Vorkommen von Bleiglanz sind überall zu finden, aber die ältesten von ihnen, die sich in Europa befinden, sind fast vollständig erschöpft. In den GUS-Staaten sind die Lagerstätten Altyn-Topkan (Tadschikistan), Karatau, Akchagyl (Kasachstan), Filizchayskoye (Aserbaidschan) zu nennen.
Künstlicher Erwerb
Bleiglanz kann auf verschiedene Weise leicht künstlich gewonnen werden:
- bei Exposition gegenüber Schwefelwasserstofflösung von Blei in Gegenwart von Salpetersäure;
- wenn sich PbSO4 in Wasserstoff oder Kohlenmonoxid zersetzt;
- beim Leiten eines Strahls aus getrocknetem Schwefelwasserstoffgas durch Bleichloridverbindungen;
- beim langsamen Abkühlen der kalzinierten, zerkleinerten PbSO-Mischung4 undKreide.
Bewerbung
Die Hauptverwendung von Galenit ist eine Quelle für das Schmelzen von Blei. Dieses Metall wird hauptsächlich zur Herstellung folgender Produkte verwendet:
- Batterien;
- Blech und Legierungen;
- Munition;
- Ummantelungen für Elektrokabel;
- technologische Additive für Benzin.
Neben der Bleiverhüttung wird Bleiglanz auch zur Herstellung von Tünche, Farben (Menge, Kronen) und Glasuren verwendet. Silber, Wismut, Zink und Selen werden aus reichen Erzen gewonnen.

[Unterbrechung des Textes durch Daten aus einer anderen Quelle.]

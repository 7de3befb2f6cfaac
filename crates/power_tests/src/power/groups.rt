//! Files of several filings that are settled as a group, while power is lost or a call fails.

use crate::power::disk::{Disk, Shared};
use crate::power::filed::{Filed, Kept};
use crate::power::lives::open_writer;
use crate::power::mounted::Mounted;
use crate::power::several::{Form, Row, TEXTS, due_of, failed_in_turn, states};
use crate::power::trouble::Trouble;
use fixtures::folders::is_filed;
use folder_filing::{FolderFiling, FolderWriter, NamesSynced};
use part10::{Filing, Settling};
use std::alloc::Global;
use std::io;
use std::test::Fail;

/// The filings of a writer: three whose files are settled as a group, one whose file is settled
/// after them, and one whose draft stays open meanwhile.
#[derive(Drop)]
struct Filings {
    writer: FolderWriter<Mounted>,
    first: FolderFiling<Mounted>,
    second: FolderFiling<Mounted>,
    third: FolderFiling<Mounted>,
    last: FolderFiling<Mounted>,
    other: FolderFiling<Mounted>,
}

/// Settles the last commit of a filing, if `is_handed`, with these synced names. Returns whether it
/// is settled.
fn settles(
    filing: &mut FolderFiling<Mounted>,
    is_handed: bool,
    synced: &NamesSynced<Global>,
) -> bool {
    is_handed && filing.settle(synced).is_ok() && !filing.has_pending()
}

impl Filings {
    fn open(alloc: Global, disk: &Shared, kept: Kept) -> io::Result<Filings> {
        let mut writer = open_writer(alloc, disk, kept)?.in_groups();
        let (other, last) = (writer.filing()?, writer.filing()?);
        let (first, second, third) = (writer.filing()?, writer.filing()?, writer.filing()?);
        Ok(Filings {
            writer,
            first,
            second,
            third,
            last,
            other,
        })
    }

    /// Writes out the files of the group and settles them. Returns which of those handed over are
    /// settled.
    fn settle_group(&mut self, handed: [bool; 3]) -> [bool; 3] {
        self.first.start_writing();
        self.first.write_out();
        self.second.write_out();
        self.third.write_out();
        let synced = self.writer.sync_names();
        [
            settles(&mut self.first, handed[0], &synced),
            settles(&mut self.second, handed[1], &synced),
            settles(&mut self.third, handed[2], &synced),
        ]
    }

    /// Files and settles one more text. Returns whether it is settled.
    fn settle_last(&mut self, text: &[u8]) -> bool {
        let is_handed = is_filed(&mut self.last, text);
        self.last.write_out();
        let synced = self.writer.sync_names();
        settles(&mut self.last, is_handed, &synced)
    }

    /// Files `count` texts as a group and then the last text, beside another draft. Returns which
    /// are settled.
    fn file(&mut self, count: usize) -> [bool; 4] {
        let [one, two, three, four] = TEXTS;
        if self.other.begin().is_ok() {
            let _ = self.other.append(b"other");
        }
        let handed = [
            is_filed(&mut self.first, one),
            is_filed(&mut self.second, two),
            count > 2 && is_filed(&mut self.third, three),
        ];
        let settled = self.settle_group(handed);
        let is_last = self.settle_last(four);
        self.other.discard();
        [settled[0], settled[1], settled[2], is_last]
    }
}

/// Files the texts over this disk, `count` as a group. Returns which were settled, or `None` if the
/// folder could not be opened.
pub(crate) fn settled_over(
    alloc: Global,
    disk: &Shared,
    kept: Kept,
    count: usize,
) -> io::Result<Option<[bool; 4]>> {
    let Ok(filings) = Filings::open(alloc, disk, kept) else {
        return Ok(None);
    };
    let mut filings = filings;
    Ok(Some(filings.file(count)))
}

/// Returns the test case of a group.
fn group(kept: Kept, count: usize, has_links: bool) -> Row {
    Row {
        form: Form::Group(count),
        kept,
        has_links,
    }
}

#[test]
fn a_group_of_two_in_one_folder(rt: HostRuntime) -> Result<(), Fail> {
    assert!(rt; states(rt.alloc(), group(Kept::Flat, 2, true))? > Some(1000));
    Ok(())
}

#[test]
fn a_group_of_three_in_two_levels(rt: HostRuntime) -> Result<(), Fail> {
    assert!(rt; states(rt.alloc(), group(Kept::Levels, 3, true))? > Some(1000));
    Ok(())
}

#[test]
fn each_call_of_a_group_fails_in_turn(rt: HostRuntime) -> Result<(), Fail> {
    for kept in [Kept::Flat, Kept::Levels] {
        for has_links in [true, false] {
            assert!(rt; failed_in_turn(rt.alloc(), group(kept, 2, has_links))? > Some(30));
            assert!(rt; failed_in_turn(rt.alloc(), group(kept, 3, has_links))? > Some(30));
        }
    }
    Ok(())
}

/// Returns whether a commit over this writer waits to be settled.
fn commit_waits(writer: FolderWriter<Mounted>) -> io::Result<Option<bool>> {
    let mut writer = writer;
    let mut filing = writer.filing()?;
    if !is_filed(&mut filing, b"first") {
        return Ok(None);
    }
    Ok(Some(filing.has_pending()))
}

#[test]
fn without_groups_or_without_syncs_nothing_waits(rt: HostRuntime) -> Result<(), Fail> {
    let alloc = rt.alloc();
    for (in_groups, has_sync) in [(false, true), (true, true), (true, false), (false, false)] {
        let disk = Disk::new(alloc, Trouble::NONE)?.shared()?;
        let mut writer = open_writer(alloc, &disk, Kept::Flat)?;
        if in_groups {
            writer = writer.in_groups();
        }
        if !has_sync {
            writer = writer.without_sync();
        }
        assert!(rt; commit_waits(writer)? == Some(in_groups && has_sync));
    }
    Ok(())
}

#[test]
fn while_a_file_waits_no_draft_is_started(rt: HostRuntime) -> Result<(), Fail> {
    let alloc = rt.alloc();
    let disk = Disk::new(alloc, Trouble::NONE)?.shared()?;
    let mut writer = open_writer(alloc, &disk, Kept::Flat)?.in_groups();
    let mut filing = writer.filing()?;
    assert!(rt; is_filed(&mut filing, TEXTS[0]));
    assert!(rt; filing.begin().is_err());
    filing.discard();
    assert!(rt; filing.settle(&writer.sync_names()).is_err());
    filing.write_out();
    assert!(rt; filing.begin().is_err());
    assert!(rt; filing.committed() == 0);
    assert!(rt; filing.settle(&writer.sync_names()).is_ok());
    assert!(rt; filing.committed() == 1 && filing.dropped() == 0);
    assert!(rt; filing.begin().is_ok());
    filing.discard();
    let disk = disk.try_borrow()?;
    let due = due_of(alloc, [true, false, false, false], false)?;
    assert!(rt; Filed::of(alloc, &disk, Kept::Flat)?.is_due(&disk, due.as_slice())?);
    Ok(())
}

#[test]
fn a_file_that_was_named_after_a_sync_is_not_settled_by_it(rt: HostRuntime) -> Result<(), Fail> {
    let alloc = rt.alloc();
    for kept in [Kept::Flat, Kept::Levels] {
        let disk = Disk::new(alloc, Trouble::NONE)?.shared()?;
        let mut writer = open_writer(alloc, &disk, kept)?.in_groups();
        let (mut first, mut second) = (writer.filing()?, writer.filing()?);
        assert!(rt; is_filed(&mut first, TEXTS[0]) && is_filed(&mut second, TEXTS[1]));
        first.write_out();
        let synced = writer.sync_names();
        second.write_out();
        assert!(rt; synced.failure().is_none());
        assert!(rt; second.settle(&synced).is_err() && first.settle(&synced).is_ok());
        let disk = disk.try_borrow()?;
        let due = due_of(alloc, [true, false, false, false], false)?;
        assert!(rt; Filed::of(alloc, &disk, kept)?.is_due(&disk, due.as_slice())?);
    }
    Ok(())
}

Bleiglanz ist ein Halbleiter. Es wird manchmal bei der Herstellung von Kontaktkristalldetektoren verwendet.
Der Geh alt an Blei in Erzen beträgt etwa 5-6%. Ihre Anreicherung erfolgt mit einfachen Technologien, deren Auswahl von der Größe der mineralischen Einschlüsse im Gestein und der Gleichmäßigkeit ihrer Verteilung abhängt. Wenn die Bleiglanzkörner groß sind, wird das Erz nach Schwerkraftflotationsschemata verarbeitet. Zunächst wird ein Konzentrat gewonnen, das dann zerkleinert und in einem alkalischen Medium flotiert wird. Bei Vorhandensein von Schwefelkies im Erz wird dessen Ausbeute mit Hilfe von Cyanid unterdrückt. Diejenigen Erze, die viele Oxide und Sulfide (Sulfid-oxidiert) enth alten, werden auf zwei Arten angereichert:
- getrennte Flotation von sulfidischen und nicht-sulfidischen Komponenten;
- Sulfidierung von Oxiden, gefolgt von Flotation von Bleiglanz. Das Verfahren besteht in der Zugabe verschiedener Reagenzien (z. B. Natriumsulfid), was zu einer Erhöhung der Hydrophobie der Oberfläche führtRasse.
Die im Erz enth altenen Mineralien werden nach ihrer Fähigkeit zur Sulfidierung in 3 Gruppen eingeteilt:
- leicht sulfidierend (weißes und gelbes Bleierz, Bleivitriol);
- schwach sulfidierend (Bleichlorphosphat);
- nicht sulfidierbar (Plumboyarozit).